Manage transactions in the cloud, Part 2
Making do without distributed transactions
How to ensure transactional qualities in cloud applications
This content is part # of # in the series: Manage transactions in the cloud, Part 2
This content is part of the series:Manage transactions in the cloud, Part 2
Stay tuned for additional content in this series.
In Part 1 of this series, you learned about transaction processing and distributed transactions. Transactional properties help to reduce the error-handling effort required for an application. However, distributed transactions, which manage transactions across multiple resources, are not necessarily available in cloud-based runtimes. Here in Part 2, we look at the cloud setup, and ways of ensuring transactional qualities across multiple resource managers even without distributed transactions.
In a cloud setup, distributed transactions are frowned upon even more than they are in a classical setup. Resources (resource managers such as databases) can be volatile, as can transaction managers. They can be started or stopped at any time to adjust for different load situations. Restarting a resource manager aborts all transactions currently active in it, but what about transaction managers that are in the middle of the voting phase of a distributed transaction? Without a persistent transaction manager log, transactions are lost in limbo and resources locked for those transactions will never be released by their resource managers.
Also in a cloud setup, as well as in some service-oriented architecture (SOA) setups, the protocols used to call a resource manager frequently do not support transactions such as REST over HTTP calls. With such protocols, a call is equivalent to an autocommitted operation, as described in Part 1.
“The cloud makes it easier to quickly deploy new versions or quickly scale your application, but this can make things more difficult for the application programmer. Using what you learn here about transaction management should help you create applications that work better in the cloud.”
Therefore, while you could probably set up the application servers in the cloud with a shared, persistent transaction log on a separate storage infrastructure to compensate for volatile operations, many popular communication protocols do not support the use of transactions.

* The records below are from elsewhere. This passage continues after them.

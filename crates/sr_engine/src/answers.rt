//! Gathers answers, and writes them where many are gathered.
ghost use Rattle.std.specs.Prelude.{◌≡◌, ◌≤◌, [], length, OnOk};
ghost use Rattle.sr_engine.specs.Endings.{Finishes};
ghost use Rattle.sr_engine.specs.Written.{Flushes, Puts, most_gathered, written};

use crate::end::End;
use crate::output::write_all;
use sr_base::{Sink, SinkFault};
use std::alloc::Global;
use std::marker::Model;

/// Where more bytes of answers than this are gathered, they are written.
const GATHERED: usize = 65_536;

/// The answers that are still to be written. Contracts see them as their bytes.
#[derive(Drop)]
pub struct Answers {
    bytes: Vec<u8>,
}

impl Model for Answers {
    ghost use Rattle.std.specs.Prelude.{ℕ, List};

    ghost Value = { List ℕ };

    ghost view = { λ s. s.bytes.items };
}

impl Answers {
    /// No answer is gathered yet. They take their memory from this allocator.
    pub fn new(alloc: Global) -> Answers
        ensures { result ≡ [] }
    {
        Answers {
            bytes: Vec::new(alloc),
        }
    }

    /// Writes what is gathered. At a fault the sink was given a beginning of it.
    pub fn flush<K: Sink>(&mut self, sink: &mut K) -> Result<(), SinkFault>
        ensures { Flushes (written (K.held sink.old) (K.faults sink.old) self.old)
            (written (K.held sink.new) (K.faults sink.new) self.new) result }
    {
        match write_all(sink, self.bytes.as_slice()) {
            Ok(()) => {
                self.bytes.clear();
                Ok(())
            }
            Err(fault) => Err(fault),
        }
    }

    /// Answers this text: it is gathered, and all is written where much is gathered. So however long an answer is, not
    /// much more of it is held than its longest text. At a fault the sink was given a beginning of all; after one the
    /// run ends.
    pub fn put<K: Sink>(&mut self, sink: &mut K, text: &[u8]) -> Result<(), SinkFault>
        ensures puts { Puts (written (K.held sink.old) (K.faults sink.old) self.old)
            (written (K.held sink.new) (K.faults sink.new) self.new) text.now result }
        ensures few { OnOk result (length self.new ≤ most_gathered) }
    {
        match self.bytes.extend_from_slice(text) {
            Ok(()) => {}
            Err(error) => return Err(SinkFault::Memory(error)),
        }
        if self.bytes.len() <= GATHERED {
            return Ok(());
        }
        self.flush(sink)
    }

    /// Writes what is gathered where the script was answered whole, and says how the run ended. `refused` tells whether a
    /// line was refused.
    pub fn finish<K: Sink>(&mut self, sink: &mut K, refused: bool) -> End
        ensures { Finishes (written (K.held sink.old) (K.faults sink.old) self.old)
            (written (K.held sink.new) (K.faults sink.new) self.new) refused result }
    {
        match self.flush(sink) {
            Ok(()) => End::Done(refused),
            Err(fault) => End::at(fault),
        }
    }
}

This means that in a cloud setup you have to make do without distributed transactions. The following sections present a number of techniques for coordinating multiple resources in a non-transactional setup.
Ways to handle distributed transactions in the cloud
The underlying assumption of transaction processing is that you want multiple resources to be consistent with each other. A change in one resource should be consistent with a change in another resource. Without distributed transactions, these error-handling patterns can be used for multiple resources:
- A change is performed in only one of the resources. If this situation is acceptable from a functional point of view, transactions can be autocommitted, and the error situation in the other resource can be logged and ignored.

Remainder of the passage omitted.